Said first burner 400 is only supplied with outside air and gas, and operates up to 120 ° C. for example, in order to increase the temperature in the cell and to burn the oxygen present. at 1200C, the second burner 450 which receives the gases released by the lignocellulosic material via the supply line 430 is put into operation with the addition of air and external gas with the advantage of avoiding injection additional gases leading to an increase in pressure in the cell and a dilution of the gases reinjected into the second burner 450 through the pipe 430.

 The heat exchanger 440 may be of the fluid circulation type, as in FIG. 2, or alternatively by plates.

 Naturally, the operation of the cell in FIG. 1 is managed by computer means, such as a microcomputer associated with appropriate software, capable on the one hand, of receiving digital information coming from temperature sensors, humidity and oxygen, and, on the other hand, to control according to the information received the different organs of the cell, namely the burner 400 and the valves 501, 431 and 710, according to a sequence representative of steps a, b and c, the parameters of which are predetermined and stored in a memory of said computer means.
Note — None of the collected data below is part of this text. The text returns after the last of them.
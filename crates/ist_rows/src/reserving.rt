//! Reserving a row for a caller.
ghost use Rattle.std.specs.Prelude.{◌≡◌, ◌<◌, ◌^◌, [], ◌∷◌, IfSome, IfOk, IfErr, Ok};
ghost use Rattle.ist_core.specs.RowLayout.{inner_words, place_limit};
ghost use Rattle.ist_core.specs.declared.events.Who.TheVariants.{Caller as CallerOf};
ghost use Rattle.ist_rule.specs.Faces.{word_count_of};
ghost use Rattle.ist_rows.specs.Rows.{spares_of, row_of, IsCaller, IsAtTable, Reserved, IsFull, IsFreshRow, IsKindRefused};
ghost use Rattle.ist_rows.specs.Building.{IsNext, HasTaken, HasRefused};
ghost use Rattle.ist_rows.specs.Fairly.{MayTake};

use crate::callers::Caller;
use crate::kinds::Kind;
use ist_core::Full;
use ist_layout::{NEXT_PLACE, inner_words};
use ist_rule::{TreeTable, TreeToken, exchange, know, load, word_count};

// Takes a fresh row from the front of the free words. Each further turn met another caller's
// Reserve, so fewer words are free than before.
fn take(table: &TreeTable, token: &mut TreeToken, number: u32, size: u64) -> Result<u32, Full>
    requires same_table { token.old.view.table ≡ table.now.table }
    requires caller { token.old.view.who ≡ CallerOf number }
    requires fair { MayTake token.old.view number size }
    requires small { size < 2 ^ 32 }
    ensures reserved { IfOk result (λ base.
        Reserved token.old.view number base size token.new.view) }
    ensures full { IfErr result (λ full.
        IsFull token.old.view (word_count_of table.now) size full token.new.view) }
{
    let words = word_count(table);
    know(token);
    // No event. Meets another caller's Reserve.
    let mut next = load(table, token, NEXT_PLACE);
    'turns: loop {
        if next + size > words {
            return Err(Full {
                next,
                asked: size,
                words,
            });
        }
        // Reserve. Meets another caller's: the next turn tries the word that this one left.
        let found = exchange(table, token, NEXT_PLACE, next, next + size);
        if found == next {
            return Ok(next as u32);
        }
        next = found;
    }
}

/// Returns the row of this kind that the caller holds, or a fresh one, which it then holds.
///
/// If the caller holds a row of this kind, no word changes. A fresh row has the words of its kind
/// and is taken from the front of the free words. If a load of the first word in this call gave
/// `next` with `next + asked > words`, it returns `Full` and reserves nothing. Retries while others
/// reserve, and always returns.
pub fn reserve(table: &TreeTable, who: &mut Caller, kind: Kind) -> Result<u32, Full>
    requires caller { IsAtTable table.now IsCaller who.old }
    ensures caller { IsAtTable table.now IsCaller who.new }
    ensures number { who.new.number ≡ who.old.number }
    ensures held { IfSome (row_of kind (spares_of who.old)) (λ base.
        (result ≡ Ok base) × (who.new ≡ who.old)) }
    ensures reserved { IsFreshRow kind who.old who.new result }
    ensures full { IfErr result (λ full.
        IsKindRefused (word_count_of table.now) kind who.old who.new full) }
{
    if let Some(base) = who.row(kind) {
        return Ok(base);
    }
    know(&who.token);
    let base = take(table, &mut who.token, who.number, kind.words())?;
    who.hold(kind, base);
    Ok(base)
}

/// Reserves a fresh inner row of this degree, which is the next of the build that the caller is in.
///
/// If a load of the first word in this call gave `next` with `next + asked > words`, it returns
/// `Full`. The build is then refused: nothing is reserved, and the rows that it has stay held.
/// Retries while others reserve, and always returns.
pub fn reserve_inner(table: &TreeTable, who: &mut Caller, degree: u64) -> Result<u32, Full>
    requires caller { IsAtTable table.now IsCaller who.old }
    requires next { IsNext who.old (inner_words degree) }
    requires small { degree < place_limit }
    ensures caller { IsCaller who.new }
    ensures number { who.new.number ≡ who.old.number }
    ensures rows { spares_of who.new ≡ spares_of who.old }
    ensures reserved { IfOk result (λ base.
        Reserved who.old.token.view who.old.number base (inner_words degree) who.new.token.view) }
    ensures taken { IfOk result (λ base. HasTaken who.old (inner_words degree ∷ []) who.new) }
    ensures full { IfErr result (λ full. let asked = inner_words degree in
        IsFull who.old.token.view (word_count_of table.now) asked full who.new.token.view) }
    ensures refused { IfErr result (λ full. HasRefused who.new) }
{
    know(&who.token);
    take(table, &mut who.token, who.number, inner_words(degree))
}
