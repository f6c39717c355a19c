//! The table under its rule: between any two atomic steps its words are the image of a lawful log,
//! and each step is one event of it or changes no state.
//!
//! Read `specs/Lib.antt`, then `view.rt`, then `steps.rt`. Builds on `ist_core`, `ist_layout` and
//! `atomic_table`.
#![tactic(auto)]

mod calling;
mod opening;
mod plays;
mod seating;
mod steps;
mod table;
mod view;
mod watching;

pub use calling::{begin_call, begin_read, begin_search, end_call, give_up, glance};
pub use opening::{close, know, open_table, open_table_over};
pub use seating::{join, split};
pub use steps::{add, exchange, exchange_all, exchange_or_lose, load, load_top, store};
pub use table::{TreeTable, TreeToken, word_count};
pub use view::{About, Loads, Met, OwnWord, Pending, Taken, TreeRule, View};
pub use watching::{load_okay, load_pass, load_past};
 From an industrial point of view, an installation for implementing the treatment process which is the subject of the invention may comprise, in parallel with one another, a plurality of cells such as that which has just been described with reference to the figure 1.

It is also possible to envisage a processing unit which would include in series stages specifically dedicated to the different stages a, b and c of the process according to the invention, and which would be successively crossed by the lignocellulosic material, namely:
a first drying stage, in open circuit, by substantial elimination of the water contained in said material by heating to a vaporization temperature of the water,
a second stage of progressive heating and holding, in a closed circuit, at a temperature lower than the temperature at which roasting begins of the lignocellulosic material to be treated, the gases released from said material participating as fuels in said progressive heating and in said holding,
- a third stage of cooling in open circuit by water injection.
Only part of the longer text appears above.